CAPEC-1: Accessing Functionality Not Properly Constrained by ACLs
In applications, particularly web applications, access to functionality is mitigated by an authorization framework. This framework maps Access Control Lists (ACLs) to elements of the application's functionality; particularly URL's for web apps. In the case that the administrator failed to specify an ACL for a particular element, an attacker may be able to access it with impunity. An attacker with the ability to access functionality not properly constrained by ACLs can obtain sensitive information and possibly compromise the entire application. Such an attacker can access resources that must be available only to users at a higher privilege level, can access management sections of the application, or can run queries for data that they otherwise not supposed to.
CAPEC-127: Directory Indexing
An adversary crafts a request to a target that results in the target listing/indexing the content of a directory as output. One common method of triggering directory contents as output is to construct a request containing a path that terminates in a directory name rather than a file name since many applications are configured to provide a list of the directory's contents when such a request is received.
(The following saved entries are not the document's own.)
use or_geom::{Memory, Rect};
use std::alloc::Global;

/// Fewer boxes are merged, however they lie.
const MANY: usize = 64;

/// About so many boxes stand for all.
const SOME: usize = 32;

/// Boxes cross often if more than one in this many ordered pairs of the sample crosses. In a mesh one in four does.
const OF_PAIRS: usize = 6;

/// Whether the first box is longer than the second on both sides, and the second taller than the first on both.
fn cross(across: Rect, upward: Rect) -> bool {
    across.x1 < upward.x1 && upward.x2 < across.x2 && upward.y1 < across.y1 && across.y2 < upward.y2
}

/// Boxes that stand for all, from the whole of the list.
fn sample(alloc: Global, boxes: &[Rect]) -> Result<Vec<Rect>, Memory> {
    let apart = boxes.len() / SOME;
    let mut chosen = Vec::new(alloc);
    let mut wait = 0;
    for rect in boxes {
        if wait != 0 {
            wait -= 1;
            continue;
        }
        chosen.push(*rect)?;
        wait = apart;
    }
    Ok(chosen)
}

/// How many of the boxes cross the box.
fn crossings(across: Rect, boxes: &[Rect]) -> usize {
    let mut count: usize = 0;
    for upward in boxes {
        count = count.saturating_add(usize::from(cross(across, *upward)));
    }
    count
}

/// Whether many of the boxes cross each other, as the bars of a mesh do. Then they have far more pieces than they are.
pub fn cross_often(alloc: Global, boxes: &[Rect]) -> Result<bool, Memory> {
    if boxes.len() < MANY {
        return Ok(false);
    }
    let chosen = sample(alloc, boxes)?;
    let mut count: usize = 0;
    for across in &chosen {
        count = count.saturating_add(crossings(*across, &chosen));
    }
    let pairs = chosen.len().saturating_mul(chosen.len());
    Ok(pairs < count.saturating_mul(OF_PAIRS))
}
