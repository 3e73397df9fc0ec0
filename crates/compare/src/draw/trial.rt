// Drawn whole plans, with memory for the result.
use crate::draw::damage::damage;
use crate::draw::drawn::{Drawn, Sort, valid};
use crate::kind::Kind;
use crate::random::Random;

// How long the periods of a plan are.
#[derive(Clone, Copy, PartialEq, Eq)]
pub(crate) enum Periods {
    Short,
    Long,
}

// A plan with its result memory of so many numbers, of 24.
#[derive(Clone, Copy)]
pub(crate) struct Trial {
    pub(crate) plan: Drawn,
    pub(crate) memory: usize,
}

fn sort(random: &mut Random, periods: Periods) -> Sort {
    let lines = match periods {
        Periods::Short => random.below(21),
        Periods::Long => random.within(1, 5),
    };
    Sort {
        kind: Kind::drawn(random),
        lines,
        servers: random.below(5),
        longest: match periods {
            Periods::Short => random.within(1, 120),
            Periods::Long => 1_000_000,
        },
    }
}

// A plan of few lines with long periods; or one with short periods, which is damaged in every other case.
pub(crate) fn drawn_trial(random: &mut Random, periods: Periods) -> Trial {
    let sort = sort(random, periods);
    let mut plan = valid(random, &sort);
    if periods == Periods::Short && random.one_in(2) {
        for _ in 0..random.within(1, 3) {
            damage(random, &mut plan, sort.lines.saturating_add(2));
        }
    }
    let memory = if random.one_in(4) {
        random.below(25)
    } else {
        24
    };
    Trial {
        plan,
        memory: memory as usize,
    }
}
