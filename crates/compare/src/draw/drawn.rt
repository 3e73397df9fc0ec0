// Drawn plans, as bytes.
use crate::kind::Kind;
use crate::random::Random;

// The most bytes of a plan: 20 a record, for up to 22 records, and up to 19 more.
const MOST: usize = 460;

// The bytes of a plan.
// Damage writes behind the plan's end, and a later damage may lengthen the plan over that: so a length, and no ArrayVec.
#[derive(Clone, Copy)]
pub(crate) struct Drawn {
    bytes: [u8; MOST],
    length: usize,
}

// Of which sort a plan is drawn.
#[derive(Clone, Copy)]
pub(crate) struct Sort {
    // the kind of its servers
    pub(crate) kind: Kind,
    pub(crate) lines: u32,
    // how many of its lines are servers at most
    pub(crate) servers: u32,
    pub(crate) longest: u32,
}

impl Drawn {
    pub(crate) fn empty() -> Drawn {
        Drawn {
            bytes: [0; MOST],
            length: 0,
        }
    }

    pub(crate) fn as_slice(&self) -> &[u8] {
        &self.bytes[..self.length.min(MOST)]
    }

    pub(crate) fn len(&self) -> usize {
        self.length
    }

    pub(crate) fn set_len(&mut self, length: usize) {
        self.length = length.min(MOST);
    }

    pub(crate) fn put_byte(&mut self, at: usize, value: u8) {
        if let Some(byte) = self.bytes.get_mut(at) {
            *byte = value;
        }
    }

    // Writes a number from byte k of a record on, least byte first.
    pub(crate) fn put(&mut self, record: usize, k: usize, value: u32) {
        let at = record.saturating_mul(20).saturating_add(k);
        if at <= MOST - 4 {
            self.bytes[at..at + 4].copy_from_slice(&value.to_le_bytes());
        }
    }

    // The number from byte k of a record on; none behind the memory's end.
    pub(crate) fn number(&self, record: usize, k: usize) -> Option<u32> {
        let at = record.saturating_mul(20).saturating_add(k);
        let bytes = self.bytes.get(at..)?.first_chunk::<4>()?;
        Some(u32::from_le_bytes(*bytes))
    }

    // A plan has room for 22 records; past that nothing is written.
    pub(crate) fn add(&mut self, letter: u8, numbers: [u32; 4]) {
        let record = self.length / 20;
        if record >= 22 {
            return;
        }
        let [work, period, deadline, first] = numbers;
        self.put_byte(record * 20, letter);
        self.put(record, 4, work);
        self.put(record, 8, period);
        self.put(record, 12, deadline);
        self.put(record, 16, first);
        self.length = record * 20 + 20;
    }
}

// Adds a task or a server whose work is about a share of its period.
fn add_line(random: &mut Random, plan: &mut Drawn, sort: &Sort, server: bool) {
    let period = random.within(1, sort.longest);
    let most = if random.one_in(8) {
        period
    } else {
        period / sort.lines.max(1)
    };
    let work = random.within(1, most.max(1));
    if server {
        return plan.add(sort.kind.letter(), [work, period, 0, 0]);
    }
    let deadline = if random.one_in(3) {
        random.within(work, period)
    } else {
        period
    };
    let first = random.below(period);
    plan.add(b'T', [work, period, deadline, first]);
}

// A plan in which every field is within its bounds.
pub(crate) fn valid(random: &mut Random, sort: &Sort) -> Drawn {
    let mut plan = Drawn::empty();
    let mut servers = 0;
    for _ in 0..sort.lines {
        let server = servers < sort.servers && random.one_in(2);
        if server {
            servers += 1;
        }
        add_line(random, &mut plan, sort, server);
    }
    plan
}
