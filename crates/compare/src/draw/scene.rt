// Drawn scenes: two plans to be run, memory for their queues, and calls on their runs.
use crate::draw::calls::{Call, Style};
use crate::draw::drawn::{Drawn, Sort, valid};
use crate::kind::Kind;
use crate::naive::lines::PlainPlan;
use crate::random::Random;
use crate::side::{Pair, Which};
use std::array;

// How many calls a scene has.
pub(crate) const CALLS: usize = 800;

// A plan to be run, with the kind of server that the run serves.
#[derive(Drop)]
pub(crate) struct Actor {
    pub(crate) kind: Kind,
    pub(crate) drawn: Drawn,
    pub(crate) plan: PlainPlan,
}

impl Actor {
    // The kind of the plan's servers, where it has one.
    pub(crate) fn served(&self) -> Option<Kind> {
        self.plan.iter().find_map(|line| line.kind())
    }
}

// The places of a run's queues, at most 80.
#[derive(Clone, Copy, Debug)]
pub(crate) struct Places {
    pub(crate) requests: usize,
    pub(crate) completions: usize,
}

#[derive(Drop)]
pub(crate) struct Scene {
    pub(crate) actors: Pair<Actor>,
    pub(crate) places: Pair<Places>,
    pub(crate) calls: [Call; CALLS],
}

// A plan of two lines whose server runs in every other tick, so that it has many slices in a period.
fn sliced_plan(random: &mut Random, kind: Kind) -> Drawn {
    let mut plan = Drawn::empty();
    plan.add(b'T', [1, 2, 1, random.below(2)]);
    let budget = random.within(15, 40);
    let period = random.within(budget.saturating_mul(2), 120);
    plan.add(kind.letter(), [budget, period, 0, 0]);
    plan
}

// A plan for a run, with or without servers.
pub(crate) fn small_plan(random: &mut Random, kind: Kind, served: bool) -> Drawn {
    if served && random.one_in(6) {
        return sliced_plan(random, kind);
    }
    let most = if random.one_in(8) { 20 } else { 6 };
    let sort = Sort {
        kind,
        lines: if random.one_in(20) {
            0
        } else {
            random.within(2, most)
        },
        servers: if served { random.within(1, 4) } else { 0 },
        longest: random.within(4, 60),
    };
    valid(random, &sort)
}

// Places for a queue: 0 to 80.
fn room(random: &mut Random) -> usize {
    match random.below(8) {
        0 => random.below(5) as usize,
        1 => random.within(5, 30) as usize,
        2 | 3 => 64,
        _ => random.below(81) as usize,
    }
}

impl Places {
    fn drawn(random: &mut Random) -> Places {
        Places {
            requests: room(random),
            completions: room(random),
        }
    }
}

impl Scene {
    // Calls on the runs of two plans, and memory for their queues.
    pub(crate) fn drawn(random: &mut Random, actors: Pair<Actor>) -> Scene {
        let style = Style::drawn(random);
        let calls = array::from_fn(|_| {
            let run = if random.one_in(2) {
                Which::Second
            } else {
                Which::First
            };
            style.call(random, run, &actors.of(run).plan)
        });
        let places = Pair {
            first: Places::drawn(random),
            second: Places::drawn(random),
        };
        Scene {
            actors,
            places,
            calls,
        }
    }
}
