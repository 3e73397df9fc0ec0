// Damage to the bytes of a plan.
use crate::draw::drawn::Drawn;
use crate::kind::Kind;
use crate::random::Random;

// A number at or next to one of its bounds.
fn near(random: &mut Random, low: u32, high: u32) -> u32 {
    match random.below(6) {
        0 => 0,
        1 => low.saturating_sub(1),
        2 => low,
        3 => high,
        4 => high.saturating_add(1),
        _ => u32::MAX,
    }
}

// Puts a number at or next to a bound into a field.
fn field(random: &mut Random, plan: &mut Drawn, record: usize) {
    let work = plan.number(record, 4).unwrap_or(0);
    let period = plan.number(record, 8).unwrap_or(0);
    match random.below(4) {
        0 => plan.put(record, 4, near(random, 1, period)),
        1 => plan.put(record, 8, near(random, 1, 1_000_000)),
        2 => plan.put(record, 12, near(random, work, period)),
        _ => plan.put(record, 16, near(random, 1, period.saturating_sub(1))),
    }
}

// Makes a record a server.
fn server(plan: &mut Drawn, record: usize, kind: Kind) {
    plan.put_byte(record.saturating_mul(20), kind.letter());
    plan.put(record, 12, 0);
    plan.put(record, 16, 0);
}

// Servers of a kind in five or more of the records, where there are so many.
fn servers(random: &mut Random, plan: &mut Drawn, kind: Kind) {
    for record in 0..(plan.len() / 20).min(22) {
        if !random.one_in(3) {
            server(plan, record, kind);
        }
    }
}

// More lines than a plan has, up to 22.
fn more_lines(random: &mut Random, plan: &mut Drawn) {
    for _ in 0..22u32 {
        let period = random.within(1, 60);
        plan.add(b'T', [1, period, period, 0]);
    }
    if random.one_in(2) {
        plan.set_len(420);
    }
}

// One more or one fewer, up to 19, than the bytes of whole records.
fn length(random: &mut Random, plan: &mut Drawn) {
    let change = random.within(1, 19) as usize;
    if random.one_in(2) {
        plan.set_len(plan.len().saturating_sub(change));
    } else {
        plan.set_len(plan.len().saturating_add(change));
    }
}

// Damages a plan in one place.
pub(crate) fn damage(random: &mut Random, plan: &mut Drawn, most: u32) {
    let record = random.below(most) as usize;
    let at = record.saturating_mul(20);
    let any = (random.below(256) & 255) as u8;
    let kind = Kind::drawn(random);
    match random.below(12) {
        0 => plan.put_byte(at, any),
        1 => plan.put_byte(at.saturating_add(random.within(1, 3) as usize), any),
        2 => length(random, plan),
        3 => more_lines(random, plan),
        4 => servers(random, plan, Kind::Sporadic),
        5 => servers(random, plan, kind),
        6 => server(plan, record, kind),
        7 => plan.put_byte(at.saturating_add(random.below(20) as usize), any),
        _ => field(random, plan, record),
    }
}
An adversary can use this to explore the directory tree on a target as well as learn the names of files. This can often end up revealing test files, backup files, temporary files, hidden files, configuration files, user accounts, script contents, as well as naming conventions, all of which can be used by an attacker to mount additional attacks.
CAPEC-81: Web Server Logs Tampering
Web Logs Tampering attacks involve an attacker injecting, deleting or otherwise tampering with the contents of web logs typically for the purposes of masking other malicious behavior. Additionally, writing malicious data to log files may target jobs, filters, reports, and other agents that process the logs in an asynchronous attack pattern. This pattern of attack is similar to "Log Injection-Tampering-Forging" except that in this case, the attack is targeting the logs of the web server and not the application.